Velocity Component for Talend ODI
Talend ODI is my new favourite toy. I recently inherited a Spring Batch project for running a complex chain of XML processing, but decided to put it down after I became frustrated with the amount of work required to make changes. The project makes the best of a bad job, and using the same tools I doubt I could have done better, but here we are.
Spring Batch has a some really useful stuff in it, but it just a framework. It can do anything, but doesn’t do anything in particular, and all the minutiae are up to you. Like all Java frameworks, it offers a high level of abstraction which could be useful in certain circumstances. But most jobs for which a batch-oriented approach would useful are so messy that a proper abstractions are very difficult to extract without being tightly bound to the context of the business problem.

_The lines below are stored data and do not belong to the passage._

//! Queries.
ghost use Rattle.std.specs.Prelude.{◌≡◌, ◌<◌, ◌≤◌, ◌^◌, ◌-◌, ◌+◌, ◌↔◌, length, vec_len, IfOk, IfErr, OnOk, IsTrue, List, remove};
ghost use Rattle.ucq_terms.specs.Syntax.{IsSafe, HasEachOnce};
ghost use Rattle.ucq_terms.specs.Query.{IsStored, IsLoose, IsFirstLooseAnswer, IsNumberedFrom};
ghost use Rattle.ucq_terms.specs.Equality.{query_eq, IsEquivalence-query_eq, IsPartialEquivalence-query_eq};
ghost use Rattle.ucq_terms.specs.Numbering.{normal_query, numbered_query};
ghost use Rattle.ucq_terms.specs.declared.queries.QueryFault.TheVariants.{Memory};

use crate::atom_lists::{each_once, occurs, term_count};
use crate::variables::{number_atoms, number_terms};
use crate::{ATOMS, Atom, NoMemory, Term};
use indexmap::IndexSet;
use std::alloc::{AllocError, AllocFailed, Global};
use std::marker::Model;

/// A conjunctive query as it is stored: an answer list of at most 16 terms, each variable of which occurs in an atom, and
/// 1 to `ATOMS` atoms, pairwise different. Its variables are below `VARIABLES`.
#[derive(Drop)]
pub struct Query {
    answers: Vec<Term>,
    atoms: Vec<Atom>,
}

impl Model for Query {
    ghost use Rattle.ucq_terms.specs.Syntax.{Query as QueryValue};

    ghost Value = { QueryValue };

    ghost use Rattle.ucq_terms.specs.Query.{IsStored};

    ghost view = { λ q. record { answers = q.answers.items; atoms = q.atoms.items } };

    ghost invariant = { λ q.
        IsStored (record { answers = q.answers.items; atoms = q.atoms.items }) };
}

/// Why answers and atoms make no stored query.
#[derive(Clone, Copy, Debug, PartialEq, Eq)]
pub enum QueryFault {
    /// The answer term at this place, the first such, is a variable of no atom.
    Unsafe { place: u32 },
    /// No answer is unsafe, and there are this many different atoms, more than `ATOMS`.
    TooManyAtoms { count: u32 },
    /// Want of memory.
    Memory,
}

impl From<AllocError> for QueryFault {
    ghost from_gives = { λ _ e. e ≡ Memory };

    fn from(_error: AllocError) -> QueryFault {
        QueryFault::Memory
    }
}

impl<T: Drop> From<AllocFailed<T>> for QueryFault {
    ghost from_gives = { λ _ e. e ≡ Memory };

    fn from(_error: AllocFailed<T>) -> QueryFault {
        QueryFault::Memory
    }
}

impl From<NoMemory> for QueryFault {
    ghost from_gives = { λ _ e. e ≡ Memory };

    fn from(_error: NoMemory) -> QueryFault {
        QueryFault::Memory
    }
}

impl Query {
    ghost use Rattle.ucq_terms.specs.Query.{IsQueryFault};

    /// The query of these answers and atoms, with each atom once, where it first stands, and its variables numbered from
    /// 0 by first occurrence, answers first.
    pub fn new(alloc: Global, answers: Vec<Term>, atoms: Vec<Atom>) -> Result<Query, QueryFault>
        requires few_answers { vec_len answers ≤ 16 }
        requires some { 0 < vec_len atoms }
        requires few { vec_len atoms < 2 ^ 32 }
        ensures query { IfOk result (λ q.
            q ≡ normal_query (record { answers = answers.items; atoms = atoms.items })) }
        ensures stored { IfOk result IsStored }
        ensures fault { IfErr result (λ f.
            IsQueryFault (record { answers = answers.items; atoms = atoms.items }) f) }
    {
        if let Some(place) = first_loose(answers.as_slice(), atoms.as_slice()) {
            return Err(QueryFault::Unsafe { place });
        }
        let atoms = each_once(alloc, atoms)?;
        let count = atoms.len() as u32;
        if count > ATOMS {
            return Err(QueryFault::TooManyAtoms { count });
        }
        let query = numbered(alloc, answers, atoms)?;
        Ok(query)
    }

    /// The answer terms, in order.
    pub fn answers(&self) -> &[Term]
        ensures answers { result.now ≡ self.now.answers }
        ensures stored { IsStored self.now }
    {
        self.answers.as_slice()
    }

    /// The atoms. Their order means nothing.
    pub fn atoms(&self) -> &[Atom]
        ensures atoms { result.now ≡ self.now.atoms }
        ensures stored { IsStored self.now }
    {
        self.atoms.as_slice()
    }

    /// Whether the two have equal answer lists and equal lists of atoms.
    pub fn same(&self, other: &Query) -> bool
        ensures { IsTrue result ↔ (self.now ≡ other.now) }
    {
        self == other
    }

    /// An equal query.
    pub fn copy(&self) -> Result<Query, NoMemory>
        ensures { IfOk result (λ q. q ≡ self.now) }
    {
        Ok(Query {
            answers: self.answers.clone()?,
            atoms: self.atoms.clone()?,
        })
    }

    /// The query with its variables numbered anew from 0 by first occurrence, answers first.
    pub fn rename(&self) -> Result<Query, NoMemory>
        ensures { IfOk result (λ q. q ≡ numbered_query self.now) }
    {
        let alloc = *self.answers.allocator();
        numbered(alloc, self.answers.clone()?, self.atoms.clone()?)
    }

    /// Takes the atom at the place out of the query. The others keep their order.
    pub fn remove_atom(&mut self, place: u32)
        requires within { place < length self.old.atoms }
        requires safe { IsSafe (record self.old { atoms = remove self.old.atoms place }) }
        ensures { self.new ≡ record self.old { atoms = remove self.old.atoms place } }
    {
        let _ = self.atoms.remove(place as usize);
    }
}

impl PartialEq for Query {
    ghost eq = { query_eq };

    ghost laws = { IsPartialEquivalence-query_eq };

    fn eq(&self, other: &Query) -> bool {
        self.atoms.len() == other.atoms.len()
            && self.answers == other.answers
            && self.atoms == other.atoms
    }
}

impl Eq for Query {
    ghost laws = { IsEquivalence-query_eq };
}

// The place of the first answer term that is a variable of no atom.
fn first_loose(answers: &[Term], atoms: &[Atom]) -> Option<u32>
    requires { length answers.now ≤ 16 }
    ensures { IsFirstLooseAnswer (record { answers = answers.now; atoms = atoms.now }) result }
{
    for (place, term) in answers.iter().enumerate() {
        if is_loose(*term, atoms) {
            return Some(place as u32);
        }
    }
    None
}

// Whether the term is a variable of no atom.
fn is_loose(term: Term, atoms: &[Atom]) -> bool
    ensures { IsTrue result ↔ IsLoose atoms.now term }
{
    match term {
        Term::Constant(_) => false,
        Term::Variable(_) => !occurs(atoms, term),
    }
}

// The query of these answers and atoms, with its variables numbered from 0 by first occurrence, answers first.
fn numbered(alloc: Global, mut answers: Vec<Term>, mut atoms: Vec<Atom>) -> Result<Query, NoMemory>
    requires safe { IsSafe (record { answers = answers.items; atoms = atoms.items }) }
    requires once { HasEachOnce atoms.items }
    requires few_answers { vec_len answers ≤ 16 }
    requires few_atoms { vec_len atoms ≤ ATOMS }
    ensures query { IfOk result (λ q.
        q ≡ numbered_query (record { answers = answers.items; atoms = atoms.items })) }
    ensures stored { IfOk result IsStored }
{
    number(alloc, answers.as_mut_slice(), atoms.as_mut_slice())?;
    Ok(Query { answers, atoms })
}

// Numbers the variables of the answers and of the atoms from 0 by first occurrence, answers first.
fn number(alloc: Global, answers: &mut [Term], atoms: &mut [Atom]) -> Result<(), NoMemory>
    requires few_answers { length answers.old ≤ 16 }
    requires few_atoms { length atoms.old ≤ ATOMS }
    ensures { OnOk
        result
        (IsNumberedFrom
        (record { answers = answers.old; atoms = atoms.old })
        (record { answers = answers.new; atoms = atoms.new })) }
{
    let mut order = IndexSet::with_capacity(alloc, answers.len() + term_count(atoms))?;
    number_terms(&mut order, answers)?;
    number_atoms(&mut order, atoms)?;
    Ok(())
}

If classes are not going to be useful outside the project, why bother with abstracting them out in the first place? Are you sure you wouldn’t be better of with a bash script?
Using a tool like Talend side-steps all this object-oriented hand-wringing because it dispenses with abstraction altogether. The interfaces between all components are defined in the tool, and nothing can be extended. You get what you get. The time you might have spent fussing with context configuration and writing base classes can be used to solve the business problem instead.
A job is defined as a set of components and connectors, and is compiled into a single Java class before being executed. It uses Java Emitter Templates (JET) to generate the executable. Components are not classes, but an XML descriptor and a JET template. The descriptor tells ODI what parameters the component has and how it may be wired into a job. The JET template generates the code that runs when the job runs.
You can export the job and all its dependencies from ODI and run it on the command line. This self-contained export is very handy because it could be run as a Jenkins job. I was not able to throw away the entire Spring Batch job, but had to proceed in stages. I removed Tasklets from the job, recreated them in Talend, and then ran the exported job as a Tasklet inside the original job. Eventually, everything will be in Talend, and run from within Jeknins, kicked off by advancing a ticket in JIRA.
A component is easy to write, once you get past the JET syntax and some quirks of ODI. The JET template does not generate a class, only chunks of code. It feels weird at first, but makes sense once you see how it all works. The easiest way to get started is to look at the templates and descriptors for all the components ODI comes with, buried down in the plugin directory (org.talend.designer.components.localprovider_*). There is also an excellent tutorial here.
I wrote a simple component to run Velocity templates, just to give it a try. You can find it here:
https://github.com/paulmcgovern/tVelocity
I guarantee this component works on my computer.